An Open Letter To Brittany Maynard

Brittany Maynard, who is recently married, has terminal brain cancer. She was told she would have 10 years to live, but then the tumor grew significantly and her time became much shorter. She and her family made the choice to move to Oregon, where she is allowed to “die with dignity.” And no, this does not imply that everyone who does not choose this route is not “dying with dignity.” Its not one extreme or the other.”Dying with dignity” means that a person has the legal right to choose how to end their life when facing a terminal illness. And no, this does not mean that people are for suicide in general. Believe it or not, but there are more than two ways of looking at things. Life is not all black and white, in fact the majority of it is lived in the grey.

Dear Brittany,

 

Thank you. Thank you for using the little time that you have remaining to bring attention to the “death with dignity” debate.
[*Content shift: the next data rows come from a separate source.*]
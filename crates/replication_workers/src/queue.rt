//! The queue of one worker: jobs in the order in which they were put, and at last Stop.

use crate::job::Job;
use atomic_table::{Join, Split};
use crossbeam_channel::protocol::{Lesson, Outcome, Protocol};
use crossbeam_channel::{Pass, RuledReceiver, RuledSender};
use published_table::View;
use std::snapshot::Snapshot;

mod ending;
mod making;
mod putting;

pub use ending::take_in;
pub use making::make_queue;
pub use putting::{put_job, put_stop};

/// What a queue holds.
#[derive(Drop)]
pub enum Item {
    /// All jobs of the queue are of this view's publisher. It is the first item, since a rule can't name a
    /// publisher that is known only where the queue is made.
    Home(Snapshot<View>),
    Work(Job),
    Stop,
}

/// What the holder of a pass knows, for contracts alone: the pass itself has no bytes.
pub struct End {
    /// It alone may put.
    pub puts: bool,
    /// It alone may take.
    pub takes: bool,
    pub home: [View; 0],
    pub put: [Item; 0],
    pub taken: [Item; 0],
}

/// What one end of a queue knows of it.
pub type QueuePass = Pass<Item, End>;

pub type Sender = RuledSender<Item, End, InOrder>;

pub type Receiver = RuledReceiver<Item, End, InOrder>;

/// What was put is what was taken and then what the queue holds.
pub struct InOrder;

impl Protocol<Item, End> for InOrder {
    ghost use Rattle.replication_workers.specs.Queue.{QueueRule, whole_end};

    ghost holds = { λ items ends. QueueRule items ends };

    ghost first = { whole_end };
}

/// A put.
pub struct Puts;

impl Outcome<Item, End> for Puts {
    ghost use Rattle.std.specs.Prelude.{◌≡◌};
    ghost use Rattle.replication_workers.specs.Queue.{with_put};

    ghost then = { λ before item after. after ≡ with_put before item };
}

impl Lesson<Item, End> for Puts {
    ghost use Rattle.std.specs.Prelude.{⊤};

    ghost fact = { λ end items. ⊤ };
}

/// A taking.
pub struct Takes;

impl Outcome<Item, End> for Takes {
    ghost use Rattle.replication_workers.specs.Queue.{HasTaken};

    ghost then = { λ before item after. HasTaken before item after };
}

impl Lesson<Item, End> for Takes {
    ghost use Rattle.std.specs.Prelude.{⊤};

    ghost fact = { λ end items. ⊤ };
}

/// Makes two ends of one, and one of two.
pub struct Ends;

impl Split<End> for Ends {
    ghost use Rattle.replication_workers.specs.Queue.{putting_end, taking_end};

    ghost left = { putting_end };

    ghost right = { taking_end };
}

impl Join<End> for Ends {
    ghost use Rattle.replication_workers.specs.Queue.{joined_end, spent_end};

    ghost both = { joined_end };

    ghost spent = { spent_end };
}

/// What the holder of both ends learns: nothing is put after Stop, and what was put was taken or is held.
pub struct Totals;

impl Lesson<Item, End> for Totals {
    ghost use Rattle.replication_workers.specs.Queue.{AddsUp};

    ghost fact = { λ end items. AddsUp end items };
}
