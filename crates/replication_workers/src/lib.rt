//! What sends a packet to the tunnel endpoints that want it.
//!
//! Contract: a replicator sends one Multicast Data message to each endpoint that wants the packet, by a
//! prefix of the published log that begins with the log of the packet's note. A worker takes jobs from its
//! queue and handles them in order, each once, until Stop. A dispatcher gives each packet to one of its
//! slots, by source and group, and at its end each slot has handled exactly its packets, in order: in a
//! worker's thread, or on the calling one.
//! It knows no membership report, and no device but where it sends to.
//! Standard: RFC 7450, sections 5.1.6 and 5.3.3.
#![tactic(auto)]

mod batch;
mod counts;
mod dispatcher;
mod job;
mod queue;
mod replicator;
mod slot;
mod worker;

pub use batch::Batch;
pub use dispatcher::{Dispatcher, Finished, Outs, Replicators, StartFault};
pub use job::{Copied, Job};
pub use replicator::{NewFault, Replicator, read_length};
pub use worker::{Worker, WorkerDone, start_worker};
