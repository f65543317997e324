//! How a running gateway hears its link.
ghost use Rattle.std.specs.Prelude.{◌≤◌, ◌<◌, ◌+◌, ◌^◌, Bool, length};
ghost use Rattle.gateway_machine.specs.declared.event.GatewayEvent.TheVariants.{Datagram as DatagramEvent};
ghost use Rattle.amt_ports.specs.{Bursts.{AreAsked, IsNext}, Devices.{link_at, out_at}};
ghost use Rattle.gateway_serving.specs.{Servers.{tally_in}, Traces.{HearsSo, WorkDoes, at_work, offering}};

use super::Server;
use amt_ports::{Asked, BURST, End, Got, Link, OutLink, WAIT_MS};
use amt_values::{Bytes, Peer};
use gateway_machine::GatewayEvent;
use std::alloc::Global;

impl Server {
    // Takes a datagram, and counts it; one that memory refused is counted, and isn't an event.
    fn hear_datagram<L: Link, O: OutLink>(
        &mut self,
        alloc: Global,
        link: &mut L,
        out: &mut O,
        from: Peer,
        bytes: &[u8],
    )
        requires short { length bytes.now ≤ 65535 }
        requires few { tally_in self.old + 1 < 2 ^ 61 }
        ensures hears { (starved : Bool) × WorkDoes (record (offering starved (DatagramEvent from bytes.now)) { datagrams = 1; tally = 2 })
            (at_work self.old (link_at L.Link link.old) (L.longest_wait link.old) (out_at O.OutLink out.old))
            (at_work self.new (link_at L.Link link.new) (L.longest_wait link.new) (out_at O.OutLink out.new)) }
    {
        self.counts.datagrams += 1;
        match Bytes::copied(alloc, bytes) {
            Ok(bytes) => self.offer(alloc, &GatewayEvent::Datagram { from, bytes }, link, out),
            Err(_) => self.counts.count_starved(),
        }
    }

    // Asks the link once.
    fn hear_next<L: Link, O: OutLink>(
        &mut self,
        alloc: Global,
        link: &mut L,
        out: &mut O,
        buf: &mut [u8],
    ) -> Result<Asked, End>
        requires room { 65536 ≤ length buf.old }
        requires few { tally_in self.old + 1 < 2 ^ 61 }
        ensures hears { HearsSo IsNext
            (at_work self.old (link_at L.Link link.old) (L.longest_wait link.old) (out_at O.OutLink out.old))
            (at_work self.new (link_at L.Link link.new) (L.longest_wait link.new) (out_at O.OutLink out.new))
            (length buf.old) (length buf.new) result }
    {
        match link.recv(buf, WAIT_MS) {
            Ok(Got::Datagram(from, octets)) => {
                self.hear_datagram(alloc, link, out, from, &buf[..octets]);
                Ok(Asked::Something)
            }
            Ok(Got::Nothing) => Ok(Asked::Nothing),
            Ok(Got::Closed) => Err(End::Closed),
            Err(_) => Err(End::LinkFault),
        }
    }

    /// Asks the link until nothing is there, and at most 64 times.
    pub(super) fn hear<L: Link, O: OutLink>(
        &mut self,
        alloc: Global,
        link: &mut L,
        out: &mut O,
        buf: &mut [u8],
    ) -> Result<(), End>
        requires room { 65536 ≤ length buf.old }
        requires few { tally_in self.old + 128 < 2 ^ 61 }
        ensures hears { HearsSo AreAsked
            (at_work self.old (link_at L.Link link.old) (L.longest_wait link.old) (out_at O.OutLink out.old))
            (at_work self.new (link_at L.Link link.new) (L.longest_wait link.new) (out_at O.OutLink out.new))
            (length buf.old) (length buf.new) result }
    {
        for _ in 0..BURST {
            match self.hear_next(alloc, link, out, buf)? {
                Asked::Something => {}
                Asked::Nothing => return Ok(()),
            }
        }
        Ok(())
    }
}
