// The line of a record: its chain, its number, what was written, and the number of the next record.
ghost use Rattle.plot.specs.Lines.{record_line};
ghost use Rattle.std.specs.Prelude.{Some};

use panel::record::Record;
use panel::track::Track;
use std::fmt;

#[derive(Clone, Copy)]
pub struct RecordLine {
    pub track: Track,
    pub number: u16,
    pub record: Record,
}

impl fmt::Display for RecordLine {
    ghost output = { λ l. Some (record_line l.track l.number l.record) };

    #[tactic(auto, using(text::proofs::Written::printed), unfolding(crate::specs::Lines::record_line))]
    fn fmt<W: fmt::Write>(&self, f: &mut fmt::Formatter<W>) -> fmt::Result {
        let track = self.track;
        let number = self.number;
        let port = self.record.port;
        let byte = self.record.byte;
        let next = self.record.next;
        write!(f, "{track} {number} {port:04X} {byte:02X} {next}")
    }
}
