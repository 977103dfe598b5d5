// The listing of a plot as text: how a run ended, its registers, and the chains of the panel.
#![tactic(auto)]

pub mod chains;
pub mod laws;
pub mod listing;
mod record_line;
mod register_line;
pub mod run_line;
pub mod unplotted;
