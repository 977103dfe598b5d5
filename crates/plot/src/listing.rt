// The listing: how a run ended, the registers it left, and every record of the three chains.
ghost use Rattle.card.specs.Cards.{ran_of};
ghost use Rattle.panel.specs.Shown.{chain_state};
ghost use Rattle.plot.specs.Listing.{Lists, text_of_plot};

use crate::chains::chains;
use crate::register_line::RegisterLine;
use crate::run_line::RunLine;
use crate::unplotted::Unplotted;
use card::ran::Ran;
use panel::chain::Chain;
use registers::registers::Registers;
use registers::window::Window;
use std::alloc::Global;

// The listing of a run, of the registers and the window that it left, and of the panel. The four are parameters: a struct of them
// would be made at each call and taken apart here.
pub fn listing(
    heap: Global,
    ran: Ran,
    cpu: Registers,
    window: Window,
    panel: &Chain,
) -> Result<String, Unplotted>
    ensures { Lists result (text_of_plot (ran_of ran) cpu window (chain_state panel.now)) }
{
    let run = RunLine(ran);
    let registers = RegisterLine { cpu, window };
    let mut text = String::new(heap);
    writeln!(text, "{run}\n{registers}")?;
    chains(&mut text, panel)?;
    Ok(text)
}
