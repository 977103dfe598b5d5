// The chains of a panel as text: a line for each record, the chains of pen, x and y one after another.
ghost use Rattle.panel.specs.Shown.{chain_state};
ghost use Rattle.plot.specs.Listing.{chains_text, track_text};
ghost use Rattle.std.specs.Prelude.{◌≡◌, ◌++◌, string_bytes, OnOk};

use crate::record_line::RecordLine;
use panel::chain::Chain;
use panel::track::Track;
use std::alloc::AllocError;

// A line for each record of a chain, the first one first.
fn records(text: &mut String, panel: &Chain, track: Track) -> Result<(), AllocError>
    ensures { OnOk result (string_bytes text.new ≡ string_bytes text.old ++ track_text (chain_state panel.now) track) }
{
    for (number, record) in panel.walk(track) {
        let line = RecordLine {
            track,
            number,
            record,
        };
        writeln!(text, "{line}")?;
    }
    Ok(())
}

// The chains of all three tracks.
pub fn chains(text: &mut String, panel: &Chain) -> Result<(), AllocError>
    ensures { OnOk result (string_bytes text.new ≡ string_bytes text.old ++ chains_text (chain_state panel.now)) }
{
    for track in [Track::Pen, Track::X, Track::Y] {
        records(text, panel, track)?;
    }
    Ok(())
}
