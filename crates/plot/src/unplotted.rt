// Why there is no listing.
ghost use Rattle.plot.specs.Listing.{unplotted_line};
ghost use Rattle.plot.specs.declared.unplotted.Unplotted.TheVariants.{NoMemory};
ghost use Rattle.std.specs.Prelude.{◌≡◌, Some};

use std::alloc::AllocError;
use std::fmt;

#[derive(Clone, Copy, Debug, PartialEq, Eq)]
pub enum Unplotted {
    // an image of more bytes than the bank has
    TooLong,
    // want of memory for the text
    NoMemory,
}

impl fmt::Display for Unplotted {
    ghost output = { λ u. Some (unplotted_line u) };

    fn fmt<W: fmt::Write>(&self, f: &mut fmt::Formatter<W>) -> fmt::Result {
        f.write_str(match self {
            Unplotted::TooLong => "too long",
            Unplotted::NoMemory => "no memory for the listing",
        })
    }
}

impl From<AllocError> for Unplotted {
    ghost from_gives = { λ _ u. u ≡ NoMemory };

    fn from(_: AllocError) -> Unplotted {
        Self::NoMemory
    }
}
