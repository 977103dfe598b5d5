// The second line: where the program counter and the stack pointer stand, AF, and the window's CBAR.
ghost use Rattle.plot.specs.Lines.{register_line};
ghost use Rattle.std.specs.Prelude.{Some};

use registers::registers::Registers;
use registers::window::Window;
use std::fmt;

#[derive(Clone, Copy)]
pub struct RegisterLine {
    pub cpu: Registers,
    pub window: Window,
}

impl fmt::Display for RegisterLine {
    ghost output = { λ l. Some (register_line l.cpu l.window) };

    #[tactic(auto, using(text::proofs::Written::printed), unfolding(crate::specs::Lines::register_line))]
    fn fmt<W: fmt::Write>(&self, f: &mut fmt::Formatter<W>) -> fmt::Result {
        let pc = self.cpu.pc;
        let sp = self.cpu.sp;
        let a = self.cpu.main.a;
        let flags = u8::from(self.cpu.main.f);
        let cbar = self.window.cbar;
        write!(
            f,
            "pc={pc:04X} sp={sp:04X} af={a:02X}{flags:02X} cbar={cbar:02X}"
        )
    }
}
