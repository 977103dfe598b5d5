// Names a worked listing, so that it is proved; the function does nothing.
ghost use Rattle.plot.specs.Worked.{WorkedListing};

pub fn worked_listing()
    ensures { WorkedListing }
{}
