// The first line: how a run ended, and what it took.
ghost use Rattle.card.specs.Cards.{ran_of};
ghost use Rattle.plot.specs.Lines.{run_line};
ghost use Rattle.std.specs.Prelude.{Some};

use card::ran::Ran;
use std::fmt;

#[derive(Clone, Copy)]
pub struct RunLine(pub Ran);

impl fmt::Display for RunLine {
    ghost output = { λ l. Some (run_line (ran_of l.0)) };

    #[tactic(auto, unfolding(crate::specs::Lines::run_line))]
    fn fmt<W: fmt::Write>(&self, f: &mut fmt::Formatter<W>) -> fmt::Result {
        let stop = self.0.stop;
        let steps = self.0.steps;
        let cycles = self.0.cycles;
        let states = self.0.states;
        write!(
            f,
            "stop={stop} steps={steps} cycles={cycles} states={states}"
        )
    }
}
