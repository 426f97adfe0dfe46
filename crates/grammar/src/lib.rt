// The grammar table and its reading: the definitions of `specs/` say what is answered. Here are only the sizes that the code counts with.
#![tactic(auto)]

// Document 01's sizes as the code counts with them; specs/Limits.antt has each with its sentence.
pub const MOST_RULES: usize = 64;

pub const ROWS: usize = 64;

pub const SET_WORDS: usize = 256;

pub const RULE_WORDS: usize = 112;

// Where each rule of a table starts, by its number.
pub type Offsets = [u16; MOST_RULES];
I can only imagine the kind of physical, mental and emotional stress that you are currently experiencing. My imagination is not the same, nor could it be even close to the real thing. When I read about your story yesterday, my heart began to fill with an ocean of sadness. It began to swirl with emotions and thoughts as I tried to comprehend the depth and gravity of the situation that you currently find yourself in. It’s a natural reaction, to view another’s situation from your own perspective. Empathy is how we connect to one another; it’s our deepest form of love and understanding. In the vast depth of human emotion, it can be easy for anyone to lose their way. The strong emotional current can swell around us and we become lost in ourselves, lost from the initial response of love that we naturally feel for one another.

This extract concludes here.